//! Texts that are cut short, or changed in one bit, are refused by an operation, by a drill and in a
//! buffer; and what a buffer contains afterwards, with the number of block calls.

use super::cases::{Case, RAW, form, unwrap_in, wrapping_form};
use super::drills::WRAPPINGS;
use crate::drilling::{DrillFault, drill};
use crate::job::Direction;
use crate::outcome::JobFault;
use aes_leaves::OwnedAes;
use block_pair::{BlockPair, Meter, SwapHalves};
use key_wrap_core::{
    Form, InPlaceFault, unwrap_in_place, unwrap_padded_in_place, wrap_in_place,
    wrap_padded_in_place,
};
use std::alloc::{AllocError, Global};
use std::process::Abort;
use std::test::Fail;
use test_vectors::{Vector, published};

// The eight texts of RFC 3394, section 4, and RFC 5649, section 6.
#[test]
fn published_texts_unwrap_and_no_changed_text_does(rt: HostRuntime) -> Result<(), Fail> {
    let mut count = 0_usize;
    for vector in &published() {
        if let Some(form) = wrapping_form(vector.algorithm) {
            wraps_and_unwraps_in_place(&rt, rt.alloc(), form, vector)?;
            refuse_each_prefix(&rt, rt.alloc(), form, vector);
            refuse_each_changed_bit(&rt, rt.alloc(), form, vector)?;
            count = count.saturating_add(1);
        }
    }
    assert_eq!(rt; count, 8);
    Ok(())
}

fn wraps_and_unwraps_in_place(
    rt: &impl Abort,
    alloc: Global,
    form: Form,
    vector: &Vector,
) -> Result<(), Fail> {
    let (aes, key, text) = (OwnedAes::new(vector.key)?, vector.input, vector.output);
    let mut meter = Meter::new(&aes);
    let mut buf = buffer_with(alloc, key, 0xFF, text.len())?;
    let wraps = match form {
        Form::Plain => wrap_in_place(&mut meter, &mut buf),
        Form::Padded => wrap_padded_in_place(&mut meter, &mut buf, key.len()),
    };
    assert!(rt; wraps == Ok(()) && buf.as_slice() == text, "{text:?}");
    assert!(rt; meter.count() == calls_for(text), "{text:?}");
    unwraps_to(rt, alloc, form, &aes, text, Some(key))
}

// Each prefix is refused for its length or, if that is legal, for its bytes: RFC 3394, section
// 2.2.2, and RFC 5649, section 4.2.
fn refuse_each_prefix(rt: &impl Abort, alloc: Global, own: Form, vector: &Vector) {
    let least = match own {
        Form::Plain => 24,
        Form::Padded => 16,
    };
    for len in 0..vector.output.len() {
        let fault = if len >= least && len % 8 == 0 {
            JobFault::Integrity
        } else {
            JobFault::BadLength
        };
        let files = [vector.key, b"", &vector.output[..len]];
        Case(unwrap_in(form(own)), RAW, files, Err(fault), b"").holds(rt, alloc, usize::MAX);
    }
}

// A bit of the KEK or of the text.
fn refuse_each_changed_bit(
    rt: &impl Abort,
    alloc: Global,
    own: Form,
    vector: &Vector,
) -> Result<(), Fail> {
    let mut bytes = vector.key.to_vec(alloc)?;
    bytes.extend_from_slice(vector.output)?;
    for bit in 0..bytes.len().saturating_mul(8) {
        change_bit(&mut bytes, bit);
        let (kek, text) = bytes.split_at(vector.key.len().min(bytes.len()));
        let refused = Err(JobFault::Integrity);
        Case(unwrap_in(form(own)), RAW, [kek, b"", text], refused, b"").holds(
            rt,
            alloc,
            usize::MAX,
        );
        unwraps_to(rt, alloc, own, &OwnedAes::new(kek)?, text, None)?;
        change_bit(&mut bytes, bit);
    }
    Ok(())
}

// The toy cipher only swaps halves, so each bit of its text is a bit of the key, from bit 64 of a
// plain text and from bit 0 of a padded one, or of the checked value.
#[test]
fn each_changed_bit_of_a_drill_is_refused_or_changes_the_key(rt: HostRuntime) -> Result<(), Fail> {
    for (row, from) in [(0, 64), (4, 0)] {
        let (form, key, text) = WRAPPINGS[row];
        let (mut key, mut text) = (
            hex::decode(rt.alloc(), key)?,
            hex::decode(rt.alloc(), text)?,
        );
        for bit in 0..text.len().saturating_mul(8) {
            let of_key = bit.wrapping_sub(from);
            change_bit(&mut text, bit);
            change_bit(&mut key, of_key);
            let wanted = (of_key / 8 < key.len()).then_some(key.as_slice());
            let drilled = drill(
                rt.alloc(),
                form,
                Direction::Unwrap,
                &hex::encode(rt.alloc(), &text)?,
            );
            match drilled {
                Ok(found) => assert!(rt; wanted == Some(found.as_slice()), "{text:?}"),
                Err(fault) => assert!(rt; wanted.is_none() && fault == DrillFault::Integrity),
            }
            unwraps_to(&rt, rt.alloc(), form, &SwapHalves, &text, wanted)?;
            change_bit(&mut text, bit);
            change_bit(&mut key, of_key);
        }
    }
    Ok(())
}

// Unwraps a copy of a text, and checks that the copy becomes zeros and the key, or that the text is
// refused and the copy cleared.
fn unwraps_to<B: BlockPair>(
    rt: &impl Abort,
    alloc: Global,
    form: Form,
    pair: &B,
    text: &[u8],
    key: Option<&[u8]>,
) -> Result<(), Fail> {
    let mut meter = Meter::new(pair);
    let mut buf = text.to_vec(alloc)?;
    let found = match form {
        Form::Plain => unwrap_in_place(&mut meter, &mut buf).map(|()| text.len().saturating_sub(8)),
        Form::Padded => unwrap_padded_in_place(&mut meter, &mut buf),
    };
    let wanted = key.map(|key| key.len()).ok_or(InPlaceFault::Integrity);
    assert!(rt;
        found == wanted && meter.count() == calls_for(text),
        "{text:?}"
    );
    assert!(rt;
        buf == buffer_with(alloc, key.unwrap_or(&[]), 0, text.len())?,
        "{text:?}"
    );
    Ok(())
}

// Returns the block calls of one wrapping or unwrapping: six for each word of the key, and one for
// a padded key of one word.
fn calls_for(text: &[u8]) -> u64 {
    match text.len() {
        16 => 1,
        len => (len / 8).saturating_sub(1).saturating_mul(6) as u64,
    }
}

// Returns `len` bytes `other`, with the key at offset 8.
fn buffer_with(alloc: Global, key: &[u8], other: u8, len: usize) -> Result<Vec<u8>, AllocError> {
    let mut buf = vec![in alloc; other; 8]?;
    buf.extend_from_slice(key)?;
    buf.resize(len, other)?;
    Ok(buf)
}

// Changes one bit. Bit 0 is the first byte's most significant. A bit past the end is ignored.
fn change_bit(bytes: &mut [u8], bit: usize) {
    if let Some(byte) = bytes.get_mut(bit / 8) {
        *byte ^= 0x80 >> (bit % 8);
    }
}
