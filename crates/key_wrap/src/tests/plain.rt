//! The calls of the plain form.

use super::rows::{IV, KEY, NOT_PLAIN, PLAIN, is_cleared, spelled};
use block_pair::{Meter, SwapHalves};
use key_wrap_core::*;
use std::test::Fail;

const FOUND: FoundKey = FoundKey {
    form: Form::Plain,
    len: 16,
};

#[test]
fn wraps_a_plain_key_and_back(rt: HostRuntime) -> Result<(), Fail> {
    let (mut meter, iv) = (Meter::new(&SwapHalves), InitialValue::default());
    let text = spelled(rt.alloc(), &PLAIN)?;
    let mut there = vec![in rt.alloc(); 0x5A; 24]?;
    let mut back = [0x5A; 16];
    assert!(rt; wrap_into(&mut meter, &KEY, &mut there) == Ok(()) && there == text);
    assert!(rt; unwrap_into(&mut meter, &text, &mut back) == Ok(()) && back == KEY);
    assert!(rt; unwrap_in_place(&mut meter, &mut there) == Ok(()) && there.ends_with(&KEY));
    assert!(rt; wrap_in_place(&mut meter, &mut there) == Ok(()) && there == text);
    assert!(rt; kind_into(&mut meter, &text, &mut back) == Ok(Kind::Plain(16)));
    assert!(rt; back == [0; 16] && meter.count() == 60);
    let found = unwrap_any_into(&mut meter, &iv, &text, &mut back);
    assert!(rt; found == Ok(FOUND) && back == KEY);
    let found = unwrap_any_in_place(&mut meter, &iv, &mut there);
    assert!(rt; found == Ok(FOUND) && there.ends_with(&KEY) && meter.count() == 84);
    Ok(())
}

#[test]
fn refuses_what_is_no_plain_wrapping(rt: HostRuntime) -> Result<(), Fail> {
    let mut meter = Meter::new(&SwapHalves);
    for (words, want) in NOT_PLAIN {
        let mut text = spelled(rt.alloc(), &words)?;
        let mut key = [0x5A; 16];
        let refused = Err(InPlaceFault::Integrity);
        assert!(rt; unwrap_into(&mut meter, &text, &mut key) == refused && key == [0; 16]);
        assert!(rt;
            kind_into(&mut meter, &text, &mut key) == Ok(want),
            "{want:?}"
        );
        assert!(rt; unwrap_in_place(&mut meter, &mut text) == refused);
        assert!(rt; is_cleared(&text), "{want:?}");
    }
    assert!(rt; meter.count() == 108);
    Ok(())
}

// The bytes of key data, and words of its wrapping at some places.
const ZEROS: [(usize, &[(usize, u64)]); 4] = [
    (24, &[(0, 0x12), (8, 0), (16, IV ^ 0x10), (24, 0x11)]),
    (
        344,
        &[
            (0, 0x174),
            (8, 0x77),
            (48, 0xA6A6_A6A6_A6A6_A63A),
            (336, 0x174),
            (344, 0x174),
        ],
    ),
    (
        4_096,
        &[(0, 0x5FB), (8, 0xA00), (48, 0xA6A6_A6A6_A6A6_A4A7)],
    ),
    (
        1_048_576,
        &[(0, 0x5_FFFB), (8, 0xA_0000), (48, 0xA6A6_A6A6_A6A4_A6A7)],
    ),
];

#[test]
fn wraps_zero_words(rt: HostRuntime) -> Result<(), Fail> {
    for (len, words) in ZEROS {
        let key = vec![in rt.alloc(); 0; len]?;
        let mut text = vec![in rt.alloc(); 0x5A; len.saturating_add(8)]?;
        let wraps = wrap_into(&mut Meter::new(&SwapHalves), &key, &mut text);
        assert!(rt; wraps == Ok(()), "{len} zeros");
        for (from, word) in words {
            let there = text.get(*from..).unwrap_or(&[]);
            assert!(rt;
                there.starts_with(&word.to_be_bytes()),
                "at {from} of {len} zeros"
            );
        }
    }
    Ok(())
}
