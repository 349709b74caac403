//! The lines on standard error and the exit statuses.

use crate::drilling::DrillFault as Drills;
use crate::fault::ProgramFault::{self, *};
use crate::initial_value::IvFault::{NotSixteenDigits, Reserved};
use crate::outcome::JobFault::{self, InputFile, KekFile, KekLength, NewKekFile, NewKekLength};
use key_files::FileFault::{self, OddDigits, Read, TooLong};
use std::alloc::Global;
use std::process::Abort;
use std::test::Fail;

const AT_1: FileFault = FileFault::BadDigit { at: 1 };

const AT_17: FileFault = FileFault::BadDigit { at: 17 };

const AFTER_10: JobFault = JobFault::Write { written: 10 };

// The faults of operations, their statuses, and their lines after `keywrap: `.
static JOBS: [(JobFault, u8, &str); 15] = [
    (KekLength, 3, "key length is not 16, 24 or 32 bytes"),
    (NewKekLength, 3, "new key length is not 16, 24 or 32 bytes"),
    (JobFault::BadLength, 4, "bad length"),
    (JobFault::Integrity, 5, "integrity check failed"),
    (KekFile(Read), 6, "key file: cannot be read"),
    (KekFile(TooLong), 6, "key file: too long"),
    (KekFile(OddDigits), 6, "key file: odd number of hex digits"),
    (NewKekFile(Read), 6, "new key file: cannot be read"),
    (NewKekFile(TooLong), 6, "new key file: too long"),
    (NewKekFile(AT_1), 6, "new key file: no hex digit at byte 1"),
    (InputFile(Read), 6, "input: cannot be read"),
    (InputFile(TooLong), 6, "input: too long"),
    (InputFile(AT_17), 6, "input: no hex digit at byte 17"),
    (AFTER_10, 6, "output: refused after 10 bytes"),
    (JobFault::Memory, 7, "out of memory"),
];

const DIGIT_1: Drills = Drills::BadDigit { at: 1 };

const RAW: &str = "output: raw bytes do not go to a terminal; redirect it or use --output";

const NEW_RESERVED: &str = "--new-iv is reserved for the padded form";

const CUT: &str = "output: refused 49 bytes before the end of line 2";

const UNSENT: ProgramFault = Unsent {
    answered: 2,
    unsent: 49,
};

// The other faults.
static OTHERS: [(ProgramFault, u8, &str); 20] = [
    (NoLines, 4, "no lines"),
    (Iv(NotSixteenDigits), 2, "--iv is not 16 hex digits"),
    (Iv(Reserved), 2, "--iv is reserved for the padded form"),
    (NewIv(NotSixteenDigits), 2, "--new-iv is not 16 hex digits"),
    (NewIv(Reserved), 2, NEW_RESERVED),
    (Drill(Drills::BadLength), 4, "bad length"),
    (Drill(Drills::Integrity), 5, "integrity check failed"),
    (Drill(Drills::TooLong), 6, "input: too long"),
    (Drill(DIGIT_1), 6, "input: no hex digit at byte 1"),
    (
        Drill(Drills::OddDigits),
        6,
        "input: odd number of hex digits",
    ),
    (Drill(Drills::Memory), 7, "out of memory"),
    (KekOpen, 6, "key file: cannot be opened"),
    (NewKekOpen, 6, "new key file: cannot be opened"),
    (RawToTerminal, 2, RAW),
    (InputOpen, 6, "input: cannot be opened"),
    (OutputOpen, 6, "output: cannot be opened"),
    (Write { written: 0 }, 6, "output: refused after 0 bytes"),
    (UNSENT, 6, CUT),
    (Flush, 6, "output: cannot be flushed"),
    (Memory, 7, "out of memory"),
];

#[test]
fn says_each_fault(rt: HostRuntime) -> Result<(), Fail> {
    for (fault, status, line) in &JOBS {
        says(&rt, rt.alloc(), &Job(*fault), *status, line)?;
    }
    for (fault, status, line) in &OTHERS {
        says(&rt, rt.alloc(), fault, *status, line)?;
    }
    Ok(())
}

fn says(
    rt: &impl Abort,
    alloc: Global,
    fault: &ProgramFault,
    status: u8,
    line: &str,
) -> Result<(), Fail> {
    let said = format!(in alloc; "{fault}")?;
    assert_eq!(rt; said.as_str().strip_prefix("keywrap: "), Some(line));
    assert_eq!(rt; fault.status(), status);
    Ok(())
}
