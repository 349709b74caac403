//! Heaps of every size: a call takes its memory once, for one buffer, and before the first block. A
//! refused one answers Memory and has given its pair no block.

use super::memory::OTHER;
use crate::kinds::kind_on;
use crate::padded::{unwrap_padded_on, wrap_padded_on};
use crate::plain::{unwrap_on, wrap_on};
use crate::rewrapping::rewrap_on;
use crate::*;
use block_pair::{Meter, SwapHalves};
use linked_list_allocator::LocalHeap;
use std::test::Fail;

// A heap's least block.
const STEP: usize = 16;

// A key in both forms, with its wrappings, of whole blocks of a heap, and the block calls for it.
const KEY: usize = 520;

const TEXT: usize = 528;

const BLOCKS: u64 = 390;

fn meter() -> Meter<'static, SwapHalves> {
    Meter::new(&SwapHalves)
}

// All that is unwrapped is a wrapping, so that a refusal is for memory.
#[test]
fn wraps_and_unwraps_after_one_growth(rt: HostRuntime) -> Result<(), Fail> {
    let key = vec![in rt.alloc(); 0x5A; KEY]?;
    let iv = InitialValue::new(OTHER)?;
    let plain = wrap_with(rt.alloc(), &SwapHalves, &iv, &key)?;
    let padded = wrap_padded(rt.alloc(), &SwapHalves, &key)?;
    for size in (0..=TEXT).step_by(STEP) {
        let heap = LocalHeap::new(rt.alloc(), size)?;
        let serves = size >= TEXT;
        let blocks = if serves { BLOCKS } else { 0 };
        let mut wraps = meter();
        let answer = wrap_on(&heap, &mut wraps, &iv, &key).is_ok();
        assert!(rt; answer == serves && wraps.count() == blocks, "{size} bytes");
        let mut wraps = meter();
        let answer = wrap_padded_on(&heap, &mut wraps, &key).is_ok();
        assert!(rt; answer == serves && wraps.count() == blocks, "{size} bytes");
        let mut unwraps = meter();
        let answer = unwrap_on(&heap, &mut unwraps, &iv, &plain).is_ok();
        assert!(rt;
            answer == serves && unwraps.count() == blocks,
            "{size} bytes"
        );
        let mut unwraps = meter();
        let answer = unwrap_padded_on(&heap, &mut unwraps, &padded).is_ok();
        assert!(rt;
            answer == serves && unwraps.count() == blocks,
            "{size} bytes"
        );
    }
    Ok(())
}

// The old pair and the new are given their blocks in the one buffer. For `kind` one unwrapping is
// enough for both forms.
#[test]
fn rewraps_after_one_growth(rt: HostRuntime) -> Result<(), Fail> {
    let key = vec![in rt.alloc(); 0x5A; KEY]?;
    let plain = wrap(rt.alloc(), &SwapHalves, &key)?;
    let padded = wrap_padded(rt.alloc(), &SwapHalves, &key)?;
    let to_padded = RewrapForms::Changed {
        old: AgreedForm::by_default(Form::Plain),
        new: AgreedForm::Padded,
    };
    for size in (0..=TEXT).step_by(STEP) {
        let heap = LocalHeap::new(rt.alloc(), size)?;
        let serves = size >= TEXT;
        let blocks = if serves { BLOCKS } else { 0 };
        for (forms, text) in [
            (RewrapForms::Kept, &plain),
            (RewrapForms::Kept, &padded),
            (to_padded, &plain),
        ] {
            let mut found = meter();
            let answer = kind_on(&heap, &mut found, &InitialValue::default(), text).is_ok();
            assert!(rt; answer == serves && found.count() == blocks, "{size} bytes");
            let (mut old, mut new) = (meter(), meter());
            let answer = rewrap_on(&heap, &mut old, &mut new, &forms, text).is_ok();
            assert!(rt; answer == serves && old.count() == blocks, "{size} bytes");
            assert!(rt; new.count() == blocks, "{size} bytes");
        }
    }
    Ok(())
}

#[test]
fn takes_no_memory_at_an_illegal_length(rt: HostRuntime) -> Result<(), Fail> {
    let heap = LocalHeap::new(rt.alloc(), 0)?;
    let (mut old, mut new, iv) = (meter(), meter(), InitialValue::default());
    let bytes = [0x5A; 25];
    assert!(rt; wrap_on(&heap, &mut old, &iv, &bytes).err() == Some(WrapFault::BadLength));
    assert!(rt; unwrap_on(&heap, &mut old, &iv, &bytes).err() == Some(UnwrapFault::BadLength));
    assert!(rt; wrap_padded_on(&heap, &mut old, &[]).err() == Some(WrapFault::BadLength));
    assert!(rt; unwrap_padded_on(&heap, &mut old, &bytes).err() == Some(UnwrapFault::BadLength));
    assert!(rt; kind_on(&heap, &mut old, &iv, &bytes) == Ok(Kind::Neither));
    let plain = AgreedForm::by_default(Form::Plain);
    for forms in [
        RewrapForms::Kept,
        RewrapForms::Changed {
            old: plain,
            new: plain,
        },
    ] {
        let answer = rewrap_on(&heap, &mut old, &mut new, &forms, &bytes).err();
        assert!(rt; answer == Some(UnwrapFault::BadLength));
    }
    assert!(rt; old.count() == 0 && new.count() == 0);
    Ok(())
}

// `rt try --test --fail-alloc N` refuses the Nth allocation of this test: it makes six.
#[test]
fn refuses_each_growth_of_six_calls(rt: HostRuntime) {
    let (alloc, iv) = (rt.alloc(), InitialValue::default());
    let (text, key) = ([0; 24], [0; 16]);
    let (mut wraps, mut padded_wraps) = (meter(), meter());
    let (mut unwraps, mut padded_unwraps, mut found) = (meter(), meter(), meter());
    let refused = wrap_on(alloc, &mut wraps, &iv, &key).err() == Some(WrapFault::Memory);
    assert!(rt; wraps.count() == if refused { 0 } else { 12 });
    let answer = wrap_padded_on(alloc, &mut padded_wraps, &key).err();
    let refused = answer == Some(WrapFault::Memory);
    assert!(rt; padded_wraps.count() == if refused { 0 } else { 12 });
    let refused = unwrap_on(alloc, &mut unwraps, &iv, &text).err() == Some(UnwrapFault::Memory);
    assert!(rt; unwraps.count() == if refused { 0 } else { 12 });
    let answer = unwrap_padded_on(alloc, &mut padded_unwraps, &text).err();
    let refused = answer == Some(UnwrapFault::Memory);
    assert!(rt; padded_unwraps.count() == if refused { 0 } else { 12 });
    let refused = kind_on(alloc, &mut found, &iv, &text) == Err(KindFault::Memory);
    assert!(rt; found.count() == if refused { 0 } else { 12 });
    let (mut old, mut new) = (meter(), meter());
    let answer = rewrap_on(alloc, &mut old, &mut new, &RewrapForms::Kept, &text).err();
    let refused = answer == Some(UnwrapFault::Memory);
    assert!(rt; old.count() == if refused { 0 } else { 24 } && new.count() == 0);
}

• Exercise aim:
In the material above, find each line that has the string "InPlaceFault" and return it.

• Output for this exercise:
    Form, InPlaceFault, unwrap_in_place, unwrap_padded_in_place, wrap_in_place,
    let wanted = key.map(|key| key.len()).ok_or(InPlaceFault::Integrity);
        let refused = Err(InPlaceFault::Integrity);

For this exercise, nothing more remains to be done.